Beitragvon sun42 » Sa 3. Dez 2016, 11:41

@Fussel, der Bindungswert von FLOHSAMENSCHALEN (PSYLLIUM) ist ein ungefährer Richtwert. Wenn 10g Flohsamenschalen 70g Wasser binden entspricht dies übrigens einer TA von 800 .

Es kommt noch auf etwas Anderes an: Horst Deffland hat einige Rezepte veröffentlicht, in denen Dinkel-Teige mit Flohsamenschalen bis auf eine TA von über 200 geführt werden, d.h. der Teig enthält u.U. mehr Wasser als Mehl. Die Flohsamenschalen im Teig (hier 4%) halten tatsächlich die hohe Wassermenge und der Teig ist extrem weich ohne zu kleben.

Horst Deffland schreibt hierzu auf seiner “Webseite“:

„Ein Zusatz ermöglicht die variable Einstellung der Teigausbeute von 180 bis 200, je nach Dinkelqualität. Trotz der hohen Wassermenge bleiben die Teige maschinengängig. So hergestellte Dinkelbrote haben eine enorme Frischhaltung und sind nebenbei noch ballaststoffangereichert. Auch hier ist wieder zu beachten, die richtige Grenze auszuloten.
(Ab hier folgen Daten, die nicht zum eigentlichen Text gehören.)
// The file names of standard input, one a line, kept as the input is read. Of the first 65 lines the first 256 bytes are kept: enough to
// tell a name that is too long from
// one that is not, and 65 names from 64.
ghost use Rattle.std.specs.Prelude.{◌≡◌, cond, List, [], ◌∷◌, ◌++◌, ℕ, ◌*◌, ◌≤◌, ◌<◌, eqb, length, get_or, take, drop};
ghost use Rattle.rules_season.specs.Season.{names_of, holds_zero, good_name};
ghost use Rattle.season_sheet.specs.Kept.{NamesKept, listed, Opened};

// How many bytes of a line are kept, of how many lines, and all of them.
pub const LINE: usize = 256;

pub const LINES: usize = 65;

pub const ROOM: usize = 16_640;

// How many bytes a name has at most, and how many names there are at most.
const LONGEST: usize = 255;

const MOST: usize = 64;

// Nothing is read yet: line 0 is open.
pub fn start(names: &mut [u8; ROOM], lengths: &mut [usize; 66]) -> usize
    ensures { NamesKept [] result names.new lengths.new }
{
    *names = [0; ROOM];
    *lengths = [0; 66];
    0
}

// One byte more of the input. Line `at` is open; after 65 lines nothing is kept.
fn push(at: usize, b: u8, names: &mut [u8; ROOM], lengths: &mut [usize; 66]) -> usize
    ensures { ((input : List ℕ) → NamesKept input at names.old lengths.old → NamesKept (input ++ (b ∷ [])) result
        names.new lengths.new) }
{
    if at >= LINES {
        return at;
    }
    if b == b'\n' {
        lengths[at + 1] = 0;
        return at + 1;
    }
    let n = lengths[at];
    if n < LINE {
        names[at * LINE + n] = b;
        lengths[at] = n + 1;
    }
    at
}

// A block more of the input.
pub fn push_all(at: usize, block: &[u8], names: &mut [u8; ROOM], lengths: &mut [usize; 66]) -> usize
    ensures { ((input : List ℕ) → NamesKept input at names.old lengths.old → NamesKept
        (input ++ block.now) result names.new lengths.new) }
{
    let mut line = at;
    for &b in block {
        line = push(line, b, names, lengths);
    }
    line
}

// What a line of that length adds to the names, if it is the last: nothing if it is empty.
fn filled(length: usize) -> usize
    ensures { (result ≡ cond (eqb length 0) 0 1) × (result ≤ 1) }
{
    length.min(1)
}

// How many names there are: what stands after the last LF is one if it is not empty. 0 for no name or more than 64.
pub fn count(at: usize, lengths: &[usize; 66]) -> usize
    ensures { ((input names : List ℕ) → NamesKept input at names lengths.now → result ≡ listed (names_of input)) × (result ≤ 64) }
{
    if at >= LINES {
        return 0;
    }
    let n = at + filled(lengths[at]);
    if n > MOST {
        return 0;
    }
    n
}

// Whether a name holds a 0 byte.
fn holds_zero(name: &[u8]) -> bool
    ensures { result ≡ holds_zero name.now }
{
    name.iter().any(|&b| b == 0)
}

// Whether a name is opened: not an empty one, none over 255 bytes, none with a 0 byte.
fn opens(name: &[u8]) -> bool
    ensures { result ≡ good_name name.now }
{
    if name.len() == 0 {
        return false;
    }
    if name.len() > LONGEST {
        return false;
    }
    !holds_zero(name)
}

// How many bytes of name k are to be opened: all, or none of a name that does not open.
pub fn opened(k: usize, names: &[u8], lengths: &[usize; 66]) -> usize
    ensures name { ((input : List ℕ) (at : ℕ) → NamesKept input at names.now lengths.now → k < 65 → k < length
        (names_of input) → Opened (get_or (names_of input) k []) (take result (drop (256 * k) names.now)) result) }
    ensures room { result ≤ 255 }
{
    if k >= LINES {
        return 0;
    }
    let n = lengths[k];
    if n > LONGEST {
        return 0;
    }
    let a = k * LINE;
    let e = a + n;
    if e > names.len() {
        return 0;
    }
    if opens(&names[a..e]) {
        return n;
    }
    0
}
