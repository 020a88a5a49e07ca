//! The texts whose known definitions an index has.

ghost use Rattle.std.specs.Prelude.{◌≡◌, ◌≤◌, ◌+◌, ◌++◌, ◌∷◌, IfOk, OnOk, Some, drop, length, map};
ghost use Rattle.std.specs.Prelude.{take, true};
ghost use Rattle.std.specs.List.{slice_get};
ghost use Rattle.isle_lsp_features.specs.Gathered.{bytes_in, events_in, kept_of, refused_in};

use std::alloc::AllocError;

/// A text whose known definitions an index has.
#[derive(Drop)]
pub struct Known {
    /// The text.
    pub text: String,
    /// The number of events of its known definitions.
    pub events: usize,
    /// Whether it does not parse, or nests too deeply.
    pub is_refused: bool,
}

/// Returns whether this is the text at a place of a list.
pub fn is_text(texts: &[Known], place: usize, text: &str) -> bool
    ensures { result ≡ true → slice_get (bytes_in (map kept_of texts.now)) place ≡ Some text.now }
{
    match texts.get(place) {
        Some(known) => known.text.as_str() == text,
        None => false,
    }
}

/// The number of events of the texts before a place. One past `usize::MAX` counts as out of memory.
pub fn events_before(texts: &[Known], place: usize) -> Result<usize, AllocError>
    ensures { IfOk result (λ events. events ≡ events_in (take place (map kept_of texts.now))) }
{
    match texts.split_at_checked(place) {
        Some((before, _)) => events_in(before),
        None => events_in(texts),
    }
}

/// The number of events of texts.
fn events_in(texts: &[Known]) -> Result<usize, AllocError>
    ensures { IfOk result (λ events. events ≡ events_in (map kept_of texts.now)) }
{
    let mut events: usize = 0;
    for known in texts {
        events = events.checked_add(known.events).ok_or(AllocError)?;
    }
    Ok(events)
}

/// The number of texts that do not parse, or nest too deeply.
pub fn refused_in(texts: &[Known]) -> usize
    ensures { result ≡ refused_in (map kept_of texts.now) }
{
    let mut refused = 0;
    for known in texts {
        if known.is_refused {
            refused += 1;
        }
    }
    refused
}

/// Puts a text at a place, instead of the one that is there, or at the end.
pub fn put(texts: &mut Vec<Known>, place: usize, known: Known) -> Result<(), AllocError>
    requires { place ≤ length texts.old.items }
    ensures { OnOk result (texts.new.items
        ≡ take place texts.old.items ++ known ∷ drop (place + 1) texts.old.items) }
{
    if place < texts.len() {
        texts[place] = known;
    } else {
        texts.push(known)?;
    }
    Ok(())
}
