//! The definitions in texts.

ghost use Rattle.std.specs.Prelude.{◌≡◌, ◌++◌, IfOk, OnOk, map, option_map, option_to_list};
ghost use Rattle.std.specs.List.{flat_map};
ghost use Rattle.serde_json.specs.Data.{array};
ghost use Rattle.serde_json.specs.View.{items_of};
ghost use Rattle.isle_lsp_features.specs.Programs.{text_of};
ghost use Rattle.isle_index.specs.Held.{all_in};
ghost use Rattle.isle_index.specs.Symbols.{symbol_of, symbols};
ghost use Rattle.isle_lsp_protocol.specs.Items.{item_data, items_data};
ghost use Rattle.isle_lsp_features.specs.Defined as wanted;
ghost use Rattle.isle_lsp_features.specs.Defined.{AreDocumentSymbols};
ghost use Rattle.isle_lsp_text.specs.Positions.{IsPlace};

use crate::Text;
use crate::places::File;
use isle_index::{Index, Symbol, SymbolKind};
use isle_lsp_protocol::items::Item;
use isle_lsp_text::lists::{ListSpan, lists};
use isle_lsp_text::positions::{Place as TextPlace, PositionEncoding, START};
use isle_lsp_text::ranges::{range_between, range_near};
use isle_lsp_text::wholes::whole_of;
use std::alloc::{AllocError, Global};

/// The definitions in a text of a program, in order.
pub fn document_symbols<'a>(
    alloc: Global,
    index: &Index,
    file: File,
) -> Result<Vec<Item<'a>>, AllocError>
    ensures { IfOk result (λ items. AreDocumentSymbols file.entry.encoding file.entry.text.now
        (symbols file.entry.number (all_in index.now)) (items_data items.items)) }
{
    let lists = lists(alloc, file.text)?;
    let symbols = index.symbols(alloc, file.number)?;
    symbol_items(alloc, file.encoding, file.text, &lists, &symbols)
}

fn symbol_items<'a>(
    alloc: Global,
    encoding: PositionEncoding,
    text: &str,
    lists: &[ListSpan],
    symbols: &[Symbol],
) -> Result<Vec<Item<'a>>, AllocError>
    ensures { IfOk result (λ items. items_data items.items
        ≡ array (items_of (map (wanted.symbol_data encoding text.now lists.now)
        (map symbol_of symbols.now)))) }
{
    let mut items = Vec::new(alloc);
    let mut near = START;
    for symbol in symbols {
        let item = symbol_item(alloc, encoding, text, lists, &mut near, symbol)?;
        items.push(item)?;
    }
    Ok(items)
}

#[tactic(auto, unfolding(crate::specs::Defined::symbol_data))]
fn symbol_item<'a>(
    alloc: Global,
    encoding: PositionEncoding,
    text: &str,
    lists: &[ListSpan],
    near: &mut TextPlace,
    symbol: &Symbol,
) -> Result<Item<'a>, AllocError>
    requires { IsPlace encoding text.now near.old }
    ensures item { IfOk result (λ item. item_data item
        ≡ wanted.symbol_data encoding text.now lists.now (symbol_of symbol.now)) }
    ensures near { IsPlace encoding text.now near.new }
{
    let is_variant = is_variant(symbol.kind);
    let whole = whole_of(text, lists, is_variant, symbol.pos.offset, symbol.len);
    let range = range_between(encoding, text, near, whole.from, whole.to);
    let selection = range_near(encoding, text, near, symbol.pos.offset, symbol.len);
    Ok(Item::DocumentSymbol {
        name: String::from_str(alloc, symbol.text.as_str())?,
        kind: number_of(symbol.kind),
        range,
        selection,
    })
}

fn is_variant(kind: SymbolKind) -> bool
    ensures { result ≡ wanted.is_variant kind }
{
    match kind {
        SymbolKind::Variant => true,
        SymbolKind::Term | SymbolKind::Type | SymbolKind::Constant | SymbolKind::Variable => false,
    }
}

/// The definitions in a program whose names match a query, file by file.
pub fn workspace_symbols<'a>(
    alloc: Global,
    program: &[Text<'a>],
    index: &Index,
    query: &str,
) -> Result<Vec<Item<'a>>, AllocError>
    ensures { IfOk result (λ items. items_data items.items ≡ wanted.workspace_symbols query.now
        (map text_of program.now) (all_in index.now)) }
{
    let mut items = Vec::new(alloc);
    for (file, source) in program.iter().enumerate() {
        let symbols = index.symbols(alloc, file)?;
        add_matching(alloc, *source, &symbols, query, &mut items)?;
    }
    Ok(items)
}

/// Adds the symbols of a file whose names match a query.
fn add_matching<'a>(
    alloc: Global,
    source: Text<'a>,
    symbols: &[Symbol],
    query: &str,
    items: &mut Vec<Item<'a>>,
) -> Result<(), AllocError>
    ensures { OnOk result (map item_data items.new.items ≡ map item_data items.old.items
        ++ flat_map (wanted.symbol_in query.now (text_of source.entry))
        (map symbol_of symbols.now)) }
{
    let mut near = START;
    for symbol in symbols {
        if let Some(item) = matching_symbol(alloc, source, &mut near, symbol, query)? {
            items.push(item)?;
        }
    }
    Ok(())
}

/// A symbol of a file as an item, if its name matches a query.
#[tactic(auto, unfolding(crate::specs::Defined::symbol_in))]
fn matching_symbol<'a>(
    alloc: Global,
    source: Text<'a>,
    near: &mut TextPlace,
    symbol: &Symbol,
    query: &str,
) -> Result<Option<Item<'a>>, AllocError>
    requires { IsPlace source.encoding source.text.now near.old }
    ensures item { IfOk result (λ item. option_to_list (option_map item_data item)
        ≡ wanted.symbol_in query.now (text_of source.entry) (symbol_of symbol.now)) }
    ensures near { IsPlace source.entry.encoding source.entry.text.now near.new }
{
    if !has_letters(symbol.text.as_str(), query) {
        return Ok(None);
    }
    let range = range_near(
        source.encoding,
        source.text,
        near,
        symbol.pos.offset,
        symbol.len,
    );
    Ok(Some(Item::WorkspaceSymbol {
        name: String::from_str(alloc, symbol.text.as_str())?,
        kind: number_of(symbol.kind),
        uri: source.uri,
        range,
    }))
}

/// Returns whether the bytes of a query occur in a name in the same order, but not necessarily side
/// by side. The case of ASCII letters is ignored.
fn has_letters(name: &str, query: &str) -> bool
    ensures { result ≡ wanted.has_letters query.now name.now }
{
    let mut letters = query.as_bytes();
    for byte in name.as_bytes() {
        letters = letters_left(letters, *byte);
    }
    letters.is_empty()
}

/// The letters of the query that are still to be found after a byte of the name.
fn letters_left(letters: &[u8], byte: u8) -> &[u8]
    ensures { result.now ≡ wanted.letters_left letters.now byte }
{
    match letters.split_first() {
        Some((first, rest)) if first.eq_ignore_ascii_case(&byte) => rest,
        _ => letters,
    }
}

/// The protocol's number of a kind of symbol.
fn number_of(kind: SymbolKind) -> usize
    ensures { result ≡ wanted.number_of kind }
{
    match kind {
        SymbolKind::Term => 12,
        SymbolKind::Type => 23,
        SymbolKind::Variant => 22,
        SymbolKind::Constant => 14,
        SymbolKind::Variable => 13,
    }
}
Bitte nur die Menge an Wasser im Teig binden, die auch beim späteren Backprozess verkleistert werden kann.“


Weitere Anmerkung: Ein Teil des zusätzlichen Wassers muss auch wieder ausgebacken werden, d.h. die Backzeiten laufen etwas nach oben, denn eine zu feuchte Brotkrume schmeckt einfach nicht - wie auch im Backversuch beschrieben.

Für mediterrane Gebäcke mit hoher Teigausbeute (TA178-TA185) empfehle ich eine nur geringe Zugabe von Fohsamenschalen, (0,5%) im Schüttwasser: Gerade nur so viel, um einen Teig von Zustand klebrig „sticky“ in einem manuell gut bearbeitbaren Zustand zu bringen.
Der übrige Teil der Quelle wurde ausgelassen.